# A Momentous Day in Rogue County!!



## cjwalas (Jan 2, 2008)

Today was a day of celebration beyond compare in Rogue County!! After what seems like an eternity and empty acreage, track was laid!









With the wonderful help of daughters Zena (surprise visit back from UCSC) and Dana (DTG, Dana the Great to those in the know) 5 tracks were laid in a short space of time!









While the track was simply laid out as was convenient, the newly graded, based and graveled area was a joy to work on.









Shagamauw Lumber loaned out its Shay to do the track testing and cleaning responsibilities.









Towns were reborn in an instant in the capable hands of DTG.








Rogue County's Armored Fairlie was brought out to check the right of way for any signs of...shhh...Lemurians!









The ponderous and powerful loco must have frightened the .... you know who... away, because there was no sign of anything of any consternation.








Immediately, the powerful Frumious was brought to steam and the brave citizens of Rogue County were off on a tour of the new trackage!









And then, wonder of wonders... the PALINDROME! Perhaps Rogue County's favorite locomotive followed the tour. 

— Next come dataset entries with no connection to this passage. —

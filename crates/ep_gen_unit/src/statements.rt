//! The code of statements.
//!
//! A statement sets the line, so it is set again after a part that is a statement.

ghost use Rattle.std.specs.Prelude.{◌≡◌, OnOk, map, IfOk, ◌<◌, length, [], ◌∷◌};
ghost use Rattle.ep_typed.specs.Trees.{Compound, Assign, AssignTag, If, While, Repeat, For, ForIn, Procedure, Halt, Write, stmts};
ghost use Rattle.ep_typed.specs.Viewed.{expr_of, actual_of, callee_of, control_of, entire_of, item_of, member_control_of, place_of, stmt_of, arm_of, tagging_of, with_record_of};
ghost use Rattle.ep_gen_unit.specs.StmtCode.{slot_of};
ghost use Rattle.ep_gen_unit.specs.StmtGrowth.{AppendsBind, AppendsBinds, AppendsStmt, AppendsStmts, AppendsArms, ClosesCase, OpensCase};
ghost use Rattle.ep_typed.specs.Trees as tree;

use crate::items::items_code;
use crate::loops::{
    assign_entire, bounds_code, first_code, kept_code, least_code, more_code, next_code, test_code,
    undefine_code,
};
use crate::ranges::arm_tests_code;
use crate::tags::assign_tag_code;
use ep_base::{Line, NoMemory};
use ep_gen_code::{Code, emit, land, leave_hole, next_place};
use ep_gen_expr::{call_code, expression_code, place_code};
use ep_object::op;
use ep_typed::{
    Actual, Callee, CaseArm, EntireVariable, ForControl, MemberControl, TypedExpr, TypedPlace,
    TypedStmt, WithRecord, WriteItem,
};
use ep_values::run_error;
use std::alloc::Global;

/// Appends the code of a statement. Where memory is wanting, or the code or a table would reach 2 ^ 32 entries, it is
/// refused, and the code is then that of no statement.
#[cycle(statement)]
pub fn statement_code(alloc: Global, s: &TypedStmt, code: &mut Code) -> Result<(), NoMemory>
    ensures { OnOk result (AppendsStmt code.old code.new (stmt_of s.now)) }
{
    match s {
        TypedStmt::Empty => Ok(()),
        TypedStmt::Compound(statements) => compound_code(alloc, statements.items(), code),
        TypedStmt::Assign(line, place, value) => {
            assign_code(alloc, *line, place, value.get(), code)
        }
        TypedStmt::AssignTag(line, control, whole, selection, value) => {
            assign_tag_code(
                alloc,
                *line,
                control.get(),
                whole,
                selection.get(),
                value.get(),
                code,
            )
        }
        TypedStmt::If(line, condition, then_part, else_part) => {
            if_code(
                alloc,
                *line,
                condition.get(),
                then_part.get(),
                else_part.get(),
                code,
            )
        }
        TypedStmt::While(line, condition, body) => {
            while_code(alloc, *line, condition.get(), body.get(), code)
        }
        TypedStmt::Repeat(line, body, condition) => {
            repeat_code(alloc, *line, body.items(), condition.get(), code)
        }
        TypedStmt::ForIn(line, control, set, body) => {
            for_in_code(alloc, *line, control.get(), set.get(), body.get(), code)
        }
        TypedStmt::For(line, control, initial, last, body) => {
            for_code(
                alloc,
                *line,
                control.get(),
                initial.get(),
                last.get(),
                body.get(),
                code,
            )
        }
        TypedStmt::With(line, records, body) => {
            binds_code(alloc, *line, records.items(), code)?;
            statement_code(alloc, body.get(), code)
        }
        TypedStmt::Procedure(line, callee, given) => {
            procedure_code(alloc, *line, callee, given.items(), code)
        }
        TypedStmt::Case(line, selector, arms, other) => {
            let leave = open_case(alloc, *line, arms.items(), selector.get(), code)?;
            match other {
                None => fail_code(*line, leave, code),
                Some(statements) => {
                    otherwise_code(alloc, *line, leave, statements.items(), code)
                }
            }
        }
        TypedStmt::Halt(line) => halt_code(*line, code),
        TypedStmt::Write(line, items, ends_line) => {
            write_code(alloc, *line, items.items(), *ends_line, code)
        }
    }
}

/// Appends the code of statements one after another.
#[cycle(statement)]
fn compound_code(alloc: Global, statements: &[TypedStmt], code: &mut Code) -> Result<(), NoMemory>
    ensures { OnOk result (AppendsStmts code.old code.new (stmts (map stmt_of statements.now))) }
{
    for s in statements {
        statement_code(alloc, s, code)?;
    }
    Ok(())
}

/// Appends the code of an assignment.
pub(crate) fn assign_code(
    alloc: Global,
    line: Line,
    place: &TypedPlace,
    value: &TypedExpr,
    code: &mut Code,
) -> Result<(), NoMemory>
    ensures { OnOk result (AppendsStmt code.old code.new (Assign line (place_of place.now) (expr_of value.now))) }
{
    code.line = line;
    place_code(alloc, place, code)?;
    expression_code(alloc, value, code)?;
    emit(code, op::STORE, 0, 0)
}

/// Appends the code of an `if`: the condition, the jump over the first part, that part, the jump over the second part,
/// and that part.
#[cycle(statement)]
fn if_code(
    alloc: Global,
    line: Line,
    condition: &TypedExpr,
    then_part: &TypedStmt,
    else_part: &TypedStmt,
    code: &mut Code,
) -> Result<(), NoMemory>
    ensures { OnOk result (AppendsStmt code.old code.new
        (If line (expr_of condition.now) (stmt_of then_part.now) (stmt_of else_part.now))) }
{
    code.line = line;
    expression_code(alloc, condition, code)?;
    let skip = leave_hole(code)?;
    statement_code(alloc, then_part, code)?;
    let leave = leave_hole(code)?;
    land(code, skip, op::JUMP_FALSE, line)?;
    statement_code(alloc, else_part, code)?;
    land(code, leave, op::JUMP, line)
}

/// Appends the code of a `while`: the condition, the jump out of the loop, the body, and the jump back.
#[cycle(statement)]
fn while_code(
    alloc: Global,
    line: Line,
    condition: &TypedExpr,
    body: &TypedStmt,
    code: &mut Code,
) -> Result<(), NoMemory>
    ensures { OnOk result (AppendsStmt code.old code.new (While line (expr_of condition.now) (stmt_of body.now))) }
{
    code.line = line;
    let start = next_place(code)?;
    expression_code(alloc, condition, code)?;
    let leave = leave_hole(code)?;
    statement_code(alloc, body, code)?;
    code.line = line;
    emit(code, op::JUMP, start as i64, 0)?;
    land(code, leave, op::JUMP_FALSE, line)
}

/// Appends the code of a `repeat`: the statements, the condition, and the jump back where it is false.
#[cycle(statement)]
fn repeat_code(
    alloc: Global,
    line: Line,
    body: &[TypedStmt],
    condition: &TypedExpr,
    code: &mut Code,
) -> Result<(), NoMemory>
    ensures { OnOk result
        (AppendsStmt code.old code.new (Repeat line (stmts (map stmt_of body.now)) (expr_of condition.now))) }
{
    let start = next_place(code)?;
    compound_code(alloc, body, code)?;
    code.line = line;
    expression_code(alloc, condition, code)?;
    emit(code, op::JUMP_FALSE, start as i64, 0)
}

/// Appends the code of a `for`: the bounds and the jump over the turns; the first value, the body, the jump out of the
/// turns where the value was the last one, the next value and the jump back; and the end. The final value stays on the
/// operands while there are turns.
#[cycle(statement)]
fn for_code(
    alloc: Global,
    line: Line,
    control: &ForControl,
    initial: &TypedExpr,
    last: &TypedExpr,
    body: &TypedStmt,
    code: &mut Code,
) -> Result<(), NoMemory>
    ensures { OnOk result (AppendsStmt code.old code.new (For line (control_of control.now)
        (expr_of initial.now) (expr_of last.now) (stmt_of body.now))) }
{
    bounds_code(alloc, line, control, initial, last, code)?;
    let leave = leave_hole(code)?;
    first_code(alloc, line, control, code)?;
    let again = next_place(code)?;
    statement_code(alloc, body, code)?;
    test_code(alloc, line, control, code)?;
    let done = leave_hole(code)?;
    next_code(alloc, line, control, code)?;
    code.line = line;
    emit(code, op::JUMP, again as i64, 0)?;
    land(code, done, op::JUMP_FALSE, line)?;
    emit(code, op::DROP, 0, 0)?;
    land(code, leave, op::JUMP_FALSE, line)?;
    undefine_code(alloc, line, &control.variable, code)
}

/// Appends the code of a `for` over members: the set, which the auxiliary variable gets; the jump out of the turns where no
/// member is to come, the least one, what is to come after it, the body, and the jump back; and the end. What is to come stays
/// on the operands while the body is done.
#[cycle(statement)]
fn for_in_code(
    alloc: Global,
    line: Line,
    control: &MemberControl,
    set: &TypedExpr,
    body: &TypedStmt,
    code: &mut Code,
) -> Result<(), NoMemory>
    ensures { OnOk result (AppendsStmt code.old code.new (ForIn line (member_control_of control.now)
        (expr_of set.now) (stmt_of body.now))) }
{
    assign_entire(alloc, line, &control.rest, set, code)?;
    let again = next_place(code)?;
    more_code(alloc, line, control, code)?;
    let leave = leave_hole(code)?;
    least_code(alloc, line, control, code)?;
    kept_code(alloc, line, control, code)?;
    statement_code(alloc, body, code)?;
    code.line = line;
    emit(code, op::STORE, 0, 0)?;
    emit(code, op::JUMP, again as i64, 0)?;
    land(code, leave, op::JUMP_FALSE, line)?;
    undefine_code(alloc, line, &control.variable, code)
}

/// Appends the beginning of the code of a `with`: its records, one after another.
fn binds_code(
    alloc: Global,
    line: Line,
    records: &[WithRecord],
    code: &mut Code,
) -> Result<(), NoMemory>
    ensures { OnOk result (AppendsBinds line code.old code.new (map with_record_of records.now)) }
{
    for record in records {
        bind_code(alloc, line, &record.variable, &record.place, code)?;
    }
    Ok(())
}

/// Appends the code of a record that a `with` opens: the place, which goes into the slot of the variable that stands for it.
fn bind_code(
    alloc: Global,
    line: Line,
    variable: &EntireVariable,
    place: &TypedPlace,
    code: &mut Code,
) -> Result<(), NoMemory>
    ensures { OnOk result (AppendsBind line code.old code.new (entire_of variable.now) (place_of place.now)) }
{
    code.line = line;
    place_code(alloc, place, code)?;
    let slot = slot_of(variable);
    emit(code, op::BIND, slot as i64, 0)
}

/// The slot of an entire variable of a block.
fn slot_of(variable: &EntireVariable) -> u32
    ensures { result ≡ slot_of (entire_of variable.now) }
{
    match variable {
        EntireVariable::Unit(_, number) | EntireVariable::Own(_, number) => *number,
    }
}

/// Appends the code of a procedure statement, which is a call. The jump behind the call takes the tick for the step that
/// the statement spends when the call is done.
fn procedure_code(
    alloc: Global,
    line: Line,
    callee: &Callee,
    given: &[Actual],
    code: &mut Code,
) -> Result<(), NoMemory>
    ensures { OnOk result (AppendsStmt code.old code.new
        (Procedure line (callee_of callee.now) (tree.actuals (map actual_of given.now)))) }
{
    code.line = line;
    call_code(alloc, callee, given, code)
}

/// Appends the beginning of the code of a `case`: the selector, the jump over the one jump out of the `case`, a filler for
/// that jump, by which each arm leaves, and the arms. It answers the place of the filler.
#[cycle(statement)]
fn open_case(
    alloc: Global,
    line: Line,
    arms: &[CaseArm],
    selector: &TypedExpr,
    code: &mut Code,
) -> Result<u32, NoMemory>
    ensures { IfOk result (λ leave. OpensCase line leave code.old code.new
        (expr_of selector.now) (tree.arms (map arm_of arms.now))) }
{
    code.line = line;
    expression_code(alloc, selector, code)?;
    let start = next_place(code)?;
    emit(code, op::JUMP, (start as u64 + 2) as i64, 0)?;
    let leave = leave_hole(code)?;
    arms_code(alloc, line, leave, arms, code)?;
    Ok(leave)
}

/// Appends the end of the code of a `case` without `otherwise`: the end by an error, and the jump out of the `case`.
fn fail_code(line: Line, leave: u32, code: &mut Code) -> Result<(), NoMemory>
    requires { leave < length code.old.instructions }
    ensures { OnOk result (ClosesCase line leave code.old code.new tree.no_other) }
{
    code.line = line;
    emit(code, op::FAIL, run_error::NO_CASE as i64, 0)?;
    land(code, leave, op::JUMP, line)
}

/// Appends the end of the code of a `case` with `otherwise`: these statements without the value of the selector, and the
/// jump out of the `case`.
#[cycle(statement)]
fn otherwise_code(
    alloc: Global,
    line: Line,
    leave: u32,
    statements: &[TypedStmt],
    code: &mut Code,
) -> Result<(), NoMemory>
    requires { leave < length code.old.instructions }
    ensures { OnOk result (ClosesCase line leave code.old code.new
        (tree.otherwise_do (stmts (map stmt_of statements.now)))) }
{
    code.line = line;
    emit(code, op::DROP, 0, 0)?;
    compound_code(alloc, statements, code)?;
    land(code, leave, op::JUMP, line)
}

/// Appends the code of arms one after another.
#[cycle(statement)]
fn arms_code(
    alloc: Global,
    line: Line,
    leave: u32,
    arms: &[CaseArm],
    code: &mut Code,
) -> Result<(), NoMemory>
    ensures { OnOk result (AppendsArms line leave code.old code.new (tree.arms (map arm_of arms.now))) }
{
    for arm in arms {
        arm_code(alloc, line, leave, arm, code)?;
    }
    Ok(())
}

/// Appends the code of an arm: its tests, the jump over its statement, the statement without the value of the selector,
/// and the jump to the place from which the `case` is left.
#[cycle(statement)]
fn arm_code(
    alloc: Global,
    line: Line,
    leave: u32,
    arm: &CaseArm,
    code: &mut Code,
) -> Result<(), NoMemory>
    ensures { OnOk result (AppendsArms line leave code.old code.new (tree.arms (arm_of arm.now ∷ []))) }
{
    code.line = line;
    arm_tests_code(arm.ranges.items(), code)?;
    let over = leave_hole(code)?;
    emit(code, op::DROP, 0, 0)?;
    statement_code(alloc, arm.body.get(), code)?;
    code.line = line;
    emit(code, op::JUMP, leave as i64, 0)?;
    land(code, over, op::JUMP, line)
}

/// Appends the code of `halt`.
fn halt_code(line: Line, code: &mut Code) -> Result<(), NoMemory>
    ensures { OnOk result (AppendsStmt code.old code.new (Halt line)) }
{
    code.line = line;
    emit(code, op::HALT, 0, 0)
}

/// Appends the code of a `write` or `writeln`.
fn write_code(
    alloc: Global,
    line: Line,
    items: &[WriteItem],
    ends_line: bool,
    code: &mut Code,
) -> Result<(), NoMemory>
    ensures { OnOk result (AppendsStmt code.old code.new (Write line (map item_of items.now) ends_line)) }
{
    code.line = line;
    items_code(alloc, items, ends_line, code)
}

And as is customary on Rogue County days of merit, the "special" car was brought out followed by four tank cars filled with Rogue County's own unique brand of...beverage. Freely distributed everywhere along the right of way, virtually every citizen of the county had a meritorious celebration of what some are calling, " The Rebirth of Rogue County!"









Tears of joy filled the eyes of many, children wept, women fainted and grown men drunk themselves into a stupor at the glorious site of trains running once again in Rogue County. What a day! 


Chris


----------



## Dave F (Jan 2, 2008)

HOLY CRAP!!!!! What a layout... That's GREAT.. 

Love the armored Loco..


----------



## SLemcke (Jun 3, 2008)

Very interesting layout. I especially like the meandering inside loop. Does the outside loop run through that tree? 
Steve


----------



## blueregal (Jan 3, 2008)

great pics Chris! Keep em comin. The Regal


----------



## Mike Reilley (Jan 2, 2008)

Fantastic. Glad to see Rogue County running again!!!


----------



## Richard Weatherby (Jan 3, 2008)

WOW!! For a moment there I wasn't sure whether I was coming or going. I can't wait for some sulptured foam and other masterful creations. I can't wait! I can't wait! I must admit it looks like Chris got stoned.


----------



## astrayelmgod (Jan 2, 2008)

"it looks like Chris got stoned. " 

Looks more like he made up for months of deprivation all in one day. 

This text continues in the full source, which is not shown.